### What you should do
Give again, word for word, every line below from the one that has "and it counts." through the one that has "verdicts.now ≡ verdicts_def", both included, and no others.
::::
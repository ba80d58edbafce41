//! The rows of a batch, followed by the sums of an objective.
ghost use Rattle.std.specs.Prelude.{true, ◌≡◌, ◌≢◌, ◌+◌, ◌≤◌, ◌<◌, ◌++◌, ◌∷◌, [], ℕ, Bool, List};
ghost use Rattle.std.specs.Prelude.{IsTrue, OnOk, length};
ghost use Rattle.std.specs.List.{AllByRecursion};
ghost use Rattle.slo_limits.specs.declared.TheConstants.{MAX_SUMMED_ROWS};
ghost use Rattle.sample_book.specs.declared.Exclusion.{Exclusion};
ghost use Rattle.sample_book.specs.declared.Row.{Row};
ghost use Rattle.sample_book.specs.Puts.{verdicts as verdicts_def};
ghost use Rattle.sample_book.specs.Rows.{current_rows};
ghost use Rattle.window_sums.specs.Slices.{counts_of, has_day, slice_of};
ghost use Rattle.kept_sums.specs.Objectives.{made_for};
ghost use Rattle.kept_sums.specs.Replacing.{HasMoved, MayFollow};
ghost use Rattle.kept_sums.specs.Replacing.{changes_counts as changes_counts_def};
ghost use Rattle.kept_sums.specs.Sums.{RowFits, HasItsDay, SumsAreKept};

use crate::counting::{changes_counts, counts_near, replaced_counts};
use crate::exchange::exchange;
use office_history::Measure;
use sample_book::{ExclusionHint, Row, RowVerdict, SampleBook};
use std::alloc::AllocError;
use window_sums::WindowSums;

/// The sums follow a row that comes over those that came: the row whose place it takes doesn't
/// count any more, and it counts.
fn follow_row(
    sums: &mut WindowSums,
    measure: &Measure,
    pool: bool,
    book: &SampleBook,
    row: &Row,
    verdict: &RowVerdict,
    hint: &mut ExclusionHint,
)
    requires may { (came : List Row) × MayFollow measure.now (made_for pool book.now.exclusions)
        row.now verdict.now sums.old came }
    ensures kept { (came : List Row) → MayFollow measure.now (made_for pool book.now.exclusions)
        row.now verdict.now sums.old came
        → SumsAreKept measure.now (made_for pool book.now.exclusions)
        (current_rows (came ++ row.now ∷ []))
        sums.new }
    ensures days { (day : ℕ) → has_day sums.new day ≡ has_day sums.old day }
    ensures touched { (slice : ℕ) → (changes_counts_def measure.now row.now verdict.now ≡ true
        → slice ≢ slice_of sums.old.method row.now.minute)
        → counts_of sums.new slice ≡ counts_of sums.old slice }
{
    if !changes_counts(measure, row, verdict) {
        return;
    }
    let old = replaced_counts(measure, pool, book, verdict, hint);
    let new = counts_near(measure, pool, book, row, hint);
    exchange(sums, row.minute, old, new);
}

/// The sums of an objective follow the rows of a batch, each of which becomes this over those
/// before it. The book doesn't have them yet. From sums that are pooled nothing is excluded. No
/// memory is taken.
pub(crate) fn count_batch(
    sums: &mut WindowSums,
    measure: &Measure,
    pool: bool,
    book: &SampleBook,
    rows: &[Row],
    verdicts: &[RowVerdict],
)
    requires kept { SumsAreKept measure.now (made_for pool book.now.exclusions) book.now.rows
        sums.old }
    requires verdicts { verdicts.now ≡ verdicts_def book.now.rows rows.now }
    requires forms { AllByRecursion (RowFits measure.now) book.now.rows }
    requires fit { AllByRecursion (RowFits measure.now) rows.now }
    requires days { AllByRecursion (HasItsDay measure.now sums.old) rows.now }
    requires few { length (current_rows (book.now.rows ++ rows.now)) ≤ MAX_SUMMED_ROWS }
    ensures kept { SumsAreKept measure.now (made_for pool book.now.exclusions)
        (current_rows (book.now.rows ++ rows.now))
        sums.new }
    ensures days { (day : ℕ) → has_day sums.new day ≡ has_day sums.old day }
    // Only slices of rows that move are touched.
    ensures touched { (slice : ℕ) → (HasMoved measure.now rows.now verdicts.now slice → ⊥)
        → counts_of sums.new slice ≡ counts_of sums.old slice }
{
    book.rows_are_current();
    let mut hint = ExclusionHint::new();
    for (place, row) in rows.iter().enumerate() {
        follow_row(sums, measure, pool, book, row, &verdicts[place], &mut hint);
    }
}

/// The day of a row of the objective's indicator is made ready.
fn reserve_row(sums: &mut WindowSums, measure: &Measure, row: &Row) -> Result<(), AllocError>
    ensures day { OnOk result (HasItsDay measure.now sums.new row.now) }
    ensures days { (other : Row) → HasItsDay measure.now sums.old other
        → HasItsDay measure.now sums.new other }
    ensures kept { (made : List (Exclusion × Bool)) (rows : List Row)
        → SumsAreKept measure.now made rows sums.old → SumsAreKept measure.now made rows sums.new }
{
    if row.sli == measure.sli {
        return sums.reserve(row.minute);
    }
    Ok(())
}

/// Makes the days of the rows of a batch be there, and leaves all counts as they are.
///
/// # Errors
///
/// Memory ran out.
pub(crate) fn reserve_batch(
    sums: &mut WindowSums,
    measure: &Measure,
    rows: &[Row],
) -> Result<(), AllocError>
    ensures days { OnOk result (AllByRecursion (HasItsDay measure.now sums.new) rows.now) }
    ensures kept { (made : List (Exclusion × Bool)) (before : List Row)
        → SumsAreKept measure.now made before sums.old
        → SumsAreKept measure.now made before sums.new }
{
    for row in rows {
        reserve_row(sums, measure, row)?;
    }
    Ok(())
}
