//! The sums of objectives, each beside what it counts.
ghost use Rattle.std.specs.Prelude.{◌≡◌, ◌≢◌, ◌≤◌, ◌++◌, ◌∷◌, [], IfSome, None, OnErr, OnOk};
ghost use Rattle.std.specs.Prelude.{false, length, true};
ghost use Rattle.std.specs.Bool.{Decides};
ghost use Rattle.std.specs.List.{AllByRecursion, Contains};
ghost use Rattle.kept_sums.specs.Found.{HasNoOwn, HasNoPooled, IsFound, IsTold};
ghost use Rattle.kept_sums.specs.Objectives.{key_by, keys_by};
ghost use Rattle.kept_sums.specs.declared.kept.ObjectiveSums.{ObjectiveSums};

use crate::same::has_same_key;
use exact_fraction::Label;
use office_history::Measure;
use std::alloc::{AllocError, Global};
use std::marker::Model;
use window_sums::WindowSums;

/// What an objective counts, and its sums.
#[derive(Drop)]
pub struct ObjectiveSums {
    pub measure: Measure,
    pub sums: WindowSums,
}

/// The sums of the objectives of a catalog. Those that count the same share theirs: objectives of
/// one SLO that differ in their targets alone, and objectives of all SLOs for which nothing is
/// excluded.
#[derive(Drop)]
pub struct KeptSums {
    /// The sums of SLOs that have exclusions, or had some.
    pub(crate) own: Vec<ObjectiveSums>,
    /// The sums of the other SLOs, from which nothing is excluded.
    pub(crate) pooled: Vec<ObjectiveSums>,
}

impl Model for KeptSums {
    ghost use Rattle.std.specs.Prelude.{◌-◌, vec_capacity, vec_len};
    ghost use Rattle.kept_sums.specs.Objectives.{KeptObjectives};

    ghost Value = { KeptObjectives };

    ghost view = { λ a. record {
      own = a.own.items;
      pooled = a.pooled.items;
      own_spare = vec_capacity a.own - vec_len a.own;
      pooled_spare = vec_capacity a.pooled - vec_len a.pooled;
    } };
}

impl KeptSums {
    /// No sums yet. Takes no memory.
    pub fn new(alloc: Global) -> KeptSums
        ensures own { result.own ≡ [] }
        ensures pooled { result.pooled ≡ [] }
    {
        KeptSums {
            own: Vec::new(alloc),
            pooled: Vec::new(alloc),
        }
    }

    /// Makes room for so many sums more of each. After an error they are as before.
    ///
    /// # Errors
    ///
    /// Memory ran out.
    pub fn reserve(&mut self, own: usize, pooled: usize) -> Result<(), AllocError>
        ensures own { self.new.own ≡ self.old.own }
        ensures pooled { self.new.pooled ≡ self.old.pooled }
        ensures own_spare { OnOk result (own ≤ self.new.own_spare) }
        ensures pooled_spare { OnOk result (pooled ≤ self.new.pooled_spare) }
    {
        self.own.reserve(own)?;
        self.pooled.reserve(pooled)
    }

    /// The sums of an objective: those of its SLO, where they are kept, and else the pooled ones.
    pub fn find(&self, measure: &Measure) -> Option<&WindowSums>
        ensures some { IfSome result (λ sums. IsTold self.now measure.now sums.now) }
        ensures own { result ≡ None → HasNoOwn self.now measure.now }
        ensures pooled { result ≡ None → HasNoPooled self.now measure.now }
    {
        match find_by(&self.own, false, measure) {
            Some(sums) => Some(sums),
            None => find_by(&self.pooled, true, measure),
        }
    }

    /// Whether sums of the objective's SLO are kept for it.
    pub fn has_own(&self, measure: &Measure) -> bool
        ensures { Decides result
            (Contains (keys_by false self.now.own) (key_by false measure.now)) }
    {
        has_key(&self.own, false, measure)
    }

    /// Whether pooled sums are kept for the objective.
    pub fn has_pooled(&self, measure: &Measure) -> bool
        ensures { Decides result
            (Contains (keys_by true self.now.pooled) (key_by true measure.now)) }
    {
        has_key(&self.pooled, true, measure)
    }

    /// Keeps sums of an SLO for an objective, behind the others. After an error all is as before.
    ///
    /// # Errors
    ///
    /// Memory ran out.
    pub fn add_own(&mut self, measure: &Measure, sums: WindowSums) -> Result<(), AllocError>
        ensures own { OnOk result (self.new.own ≡ self.old.own
            ++ record { measure = measure.now; sums = sums } ∷ []) }
        ensures err { OnErr result (self.new.own ≡ self.old.own) }
        ensures pooled { self.new.pooled ≡ self.old.pooled }
    {
        self.own.push(ObjectiveSums {
            measure: *measure,
            sums,
        })?;
        Ok(())
    }
}

/// The name by which sums are put in order: those of one SLO by it, pooled ones by the indicator.
pub(crate) fn name_by(pool: bool, measure: &Measure) -> Label {
    if pool { measure.sli } else { measure.slo }
}

/// Where the sums of an objective begin that are likely to be its, by a binary search: `take`
/// leaves them in the order of these names. A search that begins elsewhere finds the same, but
/// later.
pub(crate) fn likely_place(objectives: &[ObjectiveSums], pool: bool, measure: &Measure) -> usize
    ensures { result ≤ length objectives.now }
{
    let name = name_by(pool, measure);
    objectives.partition_point(|kept| name_by(pool, &kept.measure) < name)
}

/// The sums that are kept under the key of an objective, where they are among these. The search
/// begins where they are likely, and goes on over all others.
pub(crate) fn find_by<'a>(
    objectives: &'a [ObjectiveSums],
    pool: bool,
    measure: &Measure,
) -> Option<&'a WindowSums>
    ensures some { IfSome result (λ sums. IsFound pool objectives.now measure.now sums.now) }
    ensures none { result ≡ None → AllByRecursion
        (λ (kept : ObjectiveSums). key_by pool kept.measure ≢ key_by pool measure.now)
        objectives.now }
{
    let place = likely_place(objectives, pool, measure);
    let (before, behind) = objectives.split_at(place);
    match found_in(behind, pool, measure) {
        Some(sums) => Some(sums),
        None => found_in(before, pool, measure),
    }
}

/// The sums of the key of an objective, where they are among these.
fn found_in<'a>(
    objectives: &'a [ObjectiveSums],
    pool: bool,
    measure: &Measure,
) -> Option<&'a WindowSums>
    ensures some { IfSome result (λ sums. IsFound pool objectives.now measure.now sums.now) }
    ensures none { result ≡ None → AllByRecursion
        (λ (kept : ObjectiveSums). key_by pool kept.measure ≢ key_by pool measure.now)
        objectives.now }
{
    for kept in objectives {
        if has_same_key(pool, &kept.measure, measure) {
            return Some(&kept.sums);
        }
    }
    None
}

/// Whether sums are kept under the key of an objective.
pub(crate) fn has_key(objectives: &[ObjectiveSums], pool: bool, measure: &Measure) -> bool
    ensures { Decides result (Contains (keys_by pool objectives.now) (key_by pool measure.now)) }
{
    match find_by(objectives, pool, measure) {
        Some(_) => true,
        None => false,
    }
}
::::
### Reply to the exercise
/// count any more, and it counts.
fn follow_row(
    sums: &mut WindowSums,
    measure: &Measure,
    pool: bool,
    book: &SampleBook,
    row: &Row,
    verdict: &RowVerdict,
    hint: &mut ExclusionHint,
)
    requires may { (came : List Row) × MayFollow measure.now (made_for pool book.now.exclusions)
        row.now verdict.now sums.old came }
    ensures kept { (came : List Row) → MayFollow measure.now (made_for pool book.now.exclusions)
        row.now verdict.now sums.old came
        → SumsAreKept measure.now (made_for pool book.now.exclusions)
        (current_rows (came ++ row.now ∷ []))
        sums.new }
    ensures days { (day : ℕ) → has_day sums.new day ≡ has_day sums.old day }
    ensures touched { (slice : ℕ) → (changes_counts_def measure.now row.now verdict.now ≡ true
        → slice ≢ slice_of sums.old.method row.now.minute)
        → counts_of sums.new slice ≡ counts_of sums.old slice }
{
    if !changes_counts(measure, row, verdict) {
        return;
    }
    let old = replaced_counts(measure, pool, book, verdict, hint);
    let new = counts_near(measure, pool, book, row, hint);
    exchange(sums, row.minute, old, new);
}

/// The sums of an objective follow the rows of a batch, each of which becomes this over those
/// before it. The book doesn't have them yet. From sums that are pooled nothing is excluded. No
/// memory is taken.
pub(crate) fn count_batch(
    sums: &mut WindowSums,
    measure: &Measure,
    pool: bool,
    book: &SampleBook,
    rows: &[Row],
    verdicts: &[RowVerdict],
)
    requires kept { SumsAreKept measure.now (made_for pool book.now.exclusions) book.now.rows
        sums.old }
    requires verdicts { verdicts.now ≡ verdicts_def book.now.rows rows.now }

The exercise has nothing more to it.